To include first-install cache bootstrap costs in the first measured preload:

```sh
cargo run -p xtask -- perf cold --reset-cache
```

To measure true warm behavior after startup, use the warm harness:

```sh
cargo run -p xtask -- perf warm
```

It keeps databases/servers alive and measures repeated direct queries,
transactions, SQLx/tokio-postgres queries, repeated SQLx connections, and
extension-backed queries separately from open and shutdown phases. Use
`--iterations N` and `--connections N` for shorter local probes.

To run product-style SQL benchmarks similar to PGlite's published benchmark
families:

```sh
cargo run --release -p xtask -- perf bench
```

This emits JSON with two benchmark suites:

- `rtt`: PGlite-style CRUD round-trip microbenchmarks. Each query runs many
  times, the lowest and highest 10% are discarded when enough samples exist,
  and the trimmed average is reported.
- `speed`: a generated SQLite speedtest-style SQL suite with large insert,
  select, update, index, delete, and drop workloads.

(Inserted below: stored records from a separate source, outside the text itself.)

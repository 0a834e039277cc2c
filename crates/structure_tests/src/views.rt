// Views: what they read, and that a caller of them in loops can say how many steps it makes at most.
ghost use Rattle.std.specs.Prelude.{◌≡◌, ◌+◌, ◌*◌, ◌<◌, ◌≤◌, length};
ghost use Rattle.fin_struct.specs.Places.{InRange};
ghost use Rattle.fin_struct.specs.Cells.{table_at};

use crate::structures::{numbers, small, small_structure};
use fin_struct::{Kripke, Structure, classical};
use std::marker::Brand;
use std::sync::ledger::{Blank, Ledger};
use std::test::Fail;
use structure_views::{KripkeView, Steps, StructureView};

// Whether a world reaches some world: at most one step for each world.
fn reaches_some<L: Ledger>(view: &KripkeView, index: u32, from: u32, steps: &mut Steps<L>) -> bool
    requires index_in { index < view.now.indexes }
    requires from_in { from < view.now.worlds }
    ensures { steps.new ≤ steps.old + view.now.worlds }
{
    for to in 0..view.worlds() {
        if view.related(index, from, to, steps) {
            return true;
        }
    }
    false
}

// Whether each world reaches some world: at most one step for each pair of worlds.
fn each_reaches_some<L: Ledger>(view: &KripkeView, index: u32, steps: &mut Steps<L>) -> bool
    requires { index < view.now.indexes }
    ensures { steps.new ≤ steps.old + view.now.worlds * view.now.worlds }
{
    for from in 0..view.worlds() {
        if !reaches_some(view, index, from, steps) {
            return false;
        }
    }
    true
}

// The same of a structure, with a counter of its own.
fn is_serial<L: Ledger>(kripke: &Kripke, index: u32, blank: Blank) -> bool
    requires name { blank.name ≡ L.name }
    requires parts { blank.parts ≡ L.parts }
    requires some { 0 < blank.parts }
    requires index_in { index < kripke.now.indexes }
{
    let mut steps = Steps::<L>::new(blank);
    each_reaches_some(&KripkeView::new(kripke), index, &mut steps)
}

#[test]
fn pairs_through_a_view(rt: HostRuntime) -> Result<(), Fail> {
    let alloc = rt.alloc();
    let mut kripke = small_structure(alloc, &small(alloc)?)?;
    kripke.set_related(0, 0, 1, true);
    assert!(rt; !is_serial::<Brand>(&kripke, 0, Blank::new(1)));
    kripke.set_related(0, 1, 1, true);
    assert!(rt; is_serial::<Brand>(&kripke, 0, Blank::new(1)));
    Ok(())
}

// What a table has at a row, with a counter of its own.
fn read<L: Ledger>(structure: &Structure, table: u32, args: &[u32], blank: Blank) -> u32
    requires name { blank.name ≡ L.name }
    requires parts { blank.parts ≡ L.parts }
    requires some { 0 < blank.parts }
    requires table_in { table < length structure.now.tables }
    requires row_in { InRange (table_at structure.now.tables table).sizes args.now }
{
    let mut steps = Steps::<L>::new(blank);
    StructureView::new(structure).get(table, args, &mut steps)
}

#[test]
fn cells_through_a_view(rt: HostRuntime) -> Result<(), Fail> {
    let alloc = rt.alloc();
    let tables = classical(alloc, &small(alloc)?)?;
    let sizes = numbers(alloc, &[2, 2, 3])?;
    let mut structure = Structure::new(alloc, &tables, &sizes)?;
    structure.set(3, &[1], 2);
    assert_eq!(rt; read::<Brand>(&structure, 3, &[1], Blank::new(1)), 2);
    assert_eq!(rt; read::<Brand>(&structure, 3, &[0], Blank::new(1)), 0);
    Ok(())
}
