// Structures of both kinds: their cells, what is written and read, and their limits.
ghost use Rattle.std.specs.Prelude.{◌≡◌, ◌<◌, ◌∷◌, [], length, replicate, None, Some, IsSome, IfOk};
ghost use Rattle.fin_struct.specs.Cells.{bound_of};
ghost use Rattle.nxf_tree.specs.WellFormed.{IsWellFormed};
ghost use Rattle.fin_struct.specs.KripkeTables.{IsKripkeFor, blank_kripke, symbol_table, symbol_row};
ghost use Rattle.fin_struct.specs.Places.{InRange};
ghost use Rattle.structure_tests.specs.steps.Signatures.{local_symbol, small_signature};

use fin_struct::{Grid, GridShape, Kripke, ShapeError, Structure, cells, classical};
use nxf_base::{List, Memory, Text};
use nxf_tree::{
    ClassicalSignature, Designation, IndexEntry, IndexName, Locality, Regime, Signature, SortEntry,
    SortName, SymbolEntry, TableEntry,
};
use std::alloc::{AllocError, Global};
use std::test::Fail;

pub fn numbers(alloc: Global, items: &[u32]) -> Result<List<u32>, Memory>
    ensures { IfOk result (λ list. list ≡ items.now) }
{
    let mut list = List::new(alloc);
    for item in items {
        list.push(*item)?;
    }
    Ok(list)
}

// A predicate with arguments of these sorts.
fn with_table(alloc: Global, args: &[u32]) -> Result<ClassicalSignature, Memory> {
    let mut tables = List::new(alloc);
    tables.push(TableEntry {
        name: Text::from_bytes(alloc, b"p")?,
        args: numbers(alloc, args)?,
        gives: None,
    })?;
    Ok(ClassicalSignature {
        sorts: List::new(alloc),
        tables,
    })
}

#[test]
fn cells_are_counted(rt: HostRuntime) -> Result<(), Fail> {
    let alloc = rt.alloc();
    let binary = with_table(alloc, &[0, 1])?;
    for (worlds, size, count) in [
        (2, 3, 6),
        (2_048, 2_048, 4_194_304),
        (1, 4_194_305, 4_194_305),
        (4_294_967_295, 2, 8_589_934_590),
    ] {
        let sizes = numbers(alloc, &[worlds, size])?;
        assert_eq!(rt; cells(&binary, &sizes), count);
    }
    let arguments = vec![in alloc; 0; 1_001]?;
    let long = with_table(alloc, &arguments)?;
    assert_eq!(rt; cells(&long, &numbers(alloc, &[1])?), 1);
    assert_eq!(rt; cells(&long, &numbers(alloc, &[2])?), u64::MAX);
    let many = with_table(alloc, &[1, 1, 1])?;
    let sizes = numbers(alloc, &[1, 4_294_967_295])?;
    assert_eq!(rt; cells(&many, &sizes), u64::MAX);
    Ok(())
}

fn repeated(alloc: Global, number: u32, count: usize) -> Result<Vec<u32>, AllocError>
    ensures { IfOk result (λ made. made.items ≡ replicate count number) }
{
    vec![in alloc; number; count]
}

// Writes 1 in the one row of a table with that many arguments, each of a sort with one element, and reads it back.
fn read_back(alloc: Global, count: usize) -> Result<u32, Memory> {
    let mut shapes = Vec::new(alloc);
    shapes.push(GridShape {
        sizes: repeated(alloc, 1, count)?,
        values: None,
    })?;
    let mut grid = Grid::new(alloc, shapes)?;
    let row = repeated(alloc, 0, count)?;
    grid.set(0, None, &row, 1);
    Ok(grid.get(0, None, &row))
}

#[test]
fn rows_of_many_arguments(rt: HostRuntime) -> Result<(), Fail> {
    let alloc = rt.alloc();
    for count in [0, 1, 2, 1_001] {
        assert_eq!(rt; read_back(alloc, count)?, 1);
    }
    Ok(())
}

fn symbol(
    alloc: Global,
    name: &[u8],
    args: &[u32],
    gives: Option<u32>,
    designation: Designation,
) -> Result<SymbolEntry, Memory>
    ensures { IfOk result (λ made. made ≡ local_symbol name.now args.now gives designation) }
{
    Ok(SymbolEntry {
        name: Text::from_bytes(alloc, name)?,
        args: numbers(alloc, args)?,
        gives,
        designation,
        locality: Locality::Local,
    })
}

// A signature with `$i`, whose domains vary, and a constant sort; a predicate on both, a rigid function from the one to
// the other, a flexible constant, and an index.
pub fn small(alloc: Global) -> Result<Signature, Memory>
    ensures made { IfOk result (λ made. made ≡ small_signature) }
    ensures formed { IfOk result IsWellFormed }
{
    let mut sorts = List::new(alloc);
    sorts.push(SortEntry {
        name: SortName::Individual,
        regime: Regime::Varying,
    })?;
    sorts.push(SortEntry {
        name: SortName::User(Text::from_bytes(alloc, b"s")?),
        regime: Regime::Constant,
    })?;
    let mut symbols = List::new(alloc);
    symbols.push(symbol(alloc, b"p", &[0, 1], None, Designation::Flexible)?)?;
    symbols.push(symbol(alloc, b"f", &[0], Some(1), Designation::Rigid)?)?;
    symbols.push(symbol(alloc, b"c", &[], Some(0), Designation::Flexible)?)?;
    let mut indexes = List::new(alloc);
    indexes.push(IndexEntry {
        name: IndexName::Plain,
        schemes: List::new(alloc),
    })?;
    Ok(Signature {
        sorts,
        symbols,
        indexes,
    })
}

// Over that signature, a structure of these sizes with nothing written.
pub fn sized_structure(
    alloc: Global,
    over: &Signature,
    worlds: u32,
    individuals: u32,
    others: u32,
) -> Result<Kripke, Fail>
    requires small { over.now ≡ small_signature }
    requires formed { IsWellFormed over.now }
    requires some { (0 < worlds) × (0 < individuals) × (0 < others) }
    ensures made { IfOk result (λ made. made ≡ blank_kripke small_signature worlds (individuals ∷ others ∷ [])) }
    ensures over { IfOk result (λ made. IsKripkeFor over.now made) }
{
    let sizes = numbers(alloc, &[worlds, individuals, others])?;
    Ok(Kripke::new(alloc, over, &sizes)?)
}

// Over that signature, two worlds, two elements of `$i` and three of `s`, with nothing written.
pub fn small_structure(alloc: Global, over: &Signature) -> Result<Kripke, Fail>
    requires small { over.now ≡ small_signature }
    requires formed { IsWellFormed over.now }
    ensures made { IfOk result (λ made. made ≡ blank_kripke small_signature 2 (2 ∷ 3 ∷ [])) }
    ensures over { IfOk result (λ made. IsKripkeFor over.now made) }
{
    sized_structure(alloc, over, 2, 2, 3)
}

#[test]
fn pairs_of_worlds(rt: HostRuntime) -> Result<(), Fail> {
    let alloc = rt.alloc();
    let mut kripke = small_structure(alloc, &small(alloc)?)?;
    assert_eq!(rt; (kripke.worlds(), kripke.actual()), (2, 0));
    kripke.set_related(0, 0, 1, true);
    assert!(rt; kripke.related(0, 0, 1));
    assert!(rt; !kripke.related(0, 1, 0));
    Ok(())
}

#[test]
fn elements_at_worlds(rt: HostRuntime) -> Result<(), Fail> {
    let alloc = rt.alloc();
    let mut kripke = small_structure(alloc, &small(alloc)?)?;
    assert!(rt; kripke.exists(1, 1, 2));
    kripke.set_exists(0, 1, 0, true);
    assert!(rt; kripke.exists(0, 1, 0));
    assert!(rt; !kripke.exists(0, 0, 1));
    Ok(())
}

// Writes a value of a function, and reads it back.
fn value_after(kripke: &mut Kripke, symbol: u32, world: u32, args: &[u32], element: u32) -> u32
    requires symbol_in { symbol < length kripke.old.world_first }
    requires function { IsSome (symbol_table kripke.old symbol).values }
    requires row_in { InRange (symbol_table kripke.old symbol).sizes (symbol_row kripke.old symbol world args.now) }
    requires below { element < bound_of (symbol_table kripke.old symbol).values }
{
    kripke.set_value(symbol, world, args, element);
    kripke.value(symbol, world, args)
}

// Writes whether a predicate holds, and reads it back.
fn holds_after(kripke: &mut Kripke, symbol: u32, world: u32, args: &[u32], yes: bool) -> bool
    requires symbol_in { symbol < length kripke.old.world_first }
    requires predicate { (symbol_table kripke.old symbol).values ≡ None }
    requires row_in { InRange (symbol_table kripke.old symbol).sizes (world ∷ args.now) }
{
    kripke.set_holds(symbol, world, args, yes);
    kripke.holds(symbol, world, args)
}

#[test]
fn values_at_worlds(rt: HostRuntime) -> Result<(), Fail> {
    let alloc = rt.alloc();
    let mut kripke = small_structure(alloc, &small(alloc)?)?;
    assert_eq!(rt; kripke.value(1, 7, &[1]), 0);
    assert_eq!(rt; kripke.value(2, 1, &[]), 0);
    assert_eq!(rt; value_after(&mut kripke, 1, 7, &[1], 2), 2);
    Ok(())
}

#[test]
fn rows_at_worlds(rt: HostRuntime) -> Result<(), Fail> {
    let alloc = rt.alloc();
    let mut kripke = small_structure(alloc, &small(alloc)?)?;
    assert_eq!(rt; (kripke.size(0), kripke.size(1)), (2, 3));
    assert!(rt; !kripke.holds(0, 1, &[1, 2]));
    kripke.set_actual(1);
    assert_eq!(rt; kripke.actual(), 1);
    assert!(rt; holds_after(&mut kripke, 0, 1, &[1, 2], true));
    Ok(())
}

#[test]
fn cells_of_structures(rt: HostRuntime) -> Result<(), Fail> {
    let alloc = rt.alloc();
    let signature = small(alloc)?;
    let tables = classical(alloc, &signature)?;
    let sizes = numbers(alloc, &[2, 2, 3])?;
    assert_eq!(rt; cells(&tables, &sizes), 24);
    let mut structure = Structure::new(alloc, &tables, &sizes)?;
    assert_eq!(rt; (structure.size(2), structure.actual()), (3, 0));
    structure.set_actual(1);
    assert_eq!(rt; structure.actual(), 1);
    structure.set(3, &[1], 2);
    assert_eq!(rt; structure.get(3, &[1]), 2);
    Ok(())
}

// Why there is no Kripke structure with these sizes over a signature with `$i` alone, or None where there is one.
fn refusal(alloc: Global, worlds: u32, size: u32) -> Result<Option<ShapeError>, Memory>
    requires worlds { 0 < worlds }
    requires size { 0 < size }
{
    let mut sorts = List::new(alloc);
    sorts.push(SortEntry {
        name: SortName::Individual,
        regime: Regime::Varying,
    })?;
    let signature = Signature {
        sorts,
        symbols: List::new(alloc),
        indexes: List::new(alloc),
    };
    let sizes = numbers(alloc, &[worlds, size])?;
    match Kripke::new(alloc, &signature, &sizes) {
        Ok(_) => Ok(None),
        Err(error) => Ok(Some(error)),
    }
}

#[test]
fn limits_of_kripke_structures(rt: HostRuntime) -> Result<(), Fail> {
    let alloc = rt.alloc();
    assert_eq!(rt; refusal(alloc, 2_048, 2_048)?, None);
    assert_eq!(rt; refusal(alloc, 65_535, 64)?, None);
    assert_eq!(rt;
        refusal(alloc, 5, 838_861)?,
        Some(ShapeError::TooBig(4_194_305))
    );
    assert_eq!(rt;
        refusal(alloc, 65_536, 838_861)?,
        Some(ShapeError::TooManyWorlds(65_536))
    );
    Ok(())
}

The RTT suite can run through the direct Rust API, through `PgliteServer` with a
single long-lived SQLx connection, and through `PgliteServer` with a raw
`tokio-postgres` simple-query-protocol connection. The raw `tokio-postgres`
mode is there to separate proxy/wire overhead from SQLx client overhead:

```sh
cargo run --release -p xtask -- perf bench --suite rtt --mode server-sqlx
cargo run --release -p xtask -- perf bench --suite rtt --mode server-tokio-postgres-simple
cargo run --release -p xtask -- perf bench --suite speed --mode direct --scale 0.05
cargo run --release -p xtask -- perf bench --suite speed --speed-source pglite
```

The speed suite is generated locally instead of vendoring PGlite's generated
multi-megabyte SQL files. Use `--scale` for quick local probes and `--scale 1`
for the full default shape. Use `--speed-source pglite` when you need exact
parity with the SQL files checked out under
`assets/checkouts/pglite/packages/benchmark/src`; this mode requires
`--scale 1`.

To compare simple-query indexed updates against parameterized prepared updates
and client pipelining:

```sh
cargo run --release -p xtask -- perf prepared-updates
cargo run --release -p xtask -- perf prepared-updates --skip-native
cargo run --release -p xtask -- perf prepared-updates --skip-native --gate
```

This parses the exact update values from PGlite benchmark Tests 9 and 10, uses
the same indexed-table setup, and measures SQLx sequential prepared execution,
tokio-postgres sequential prepared execution, tokio-postgres pipelined prepared
execution over TCP and Unix sockets, and the same tokio-postgres modes against
native Postgres. Use `--skip-native` when local native Postgres IPC state is not
healthy or when only PgliteServer modes are needed. This is a server/protocol
benchmark; it does not replace the exact PGlite simple-query suite.

`--gate` is a local regression smoke gate, not a final CI performance oracle.
It checks the transport shape that caused the COPY/prepared-update regression:
non-COPY prepared traffic must not activate the backend-owned streaming
continuation, pipelined prepared traffic must remain batched, SQLx and
sequential tokio-postgres must stay below 5s per 25k updates, and pipelined
tokio-postgres must stay below 1.5s per 25k updates. The command emits per-run
protocol counters so failures show whether the problem is batching, protocol
pump activation, or backend execution.

For focused investigation of indexed update hotspots, run:

```sh
cargo run --release -p xtask -- perf diagnose-indexed-update
cargo run --release -p xtask -- perf diagnose-buffer-cache
```

This opens fresh temporary databases, runs setup outside the measured section,
then compares exact PGlite Test 9/10 SQL against controlled variants: lookup
index only, unlogged table, text update after numeric update, vacuumed variants,
and one set-based update. The buffer-cache diagnostic runs
`EXPLAIN (ANALYZE, BUFFERS, FORMAT JSON)` for the remaining table-copy hotspots
and reports the effective Postgres memory GUCs plus host filesystem trace data.

Treat these numbers as machine-local diagnostics. CI performance gates and
release targets depend on the runner, host filesystem, and cache state.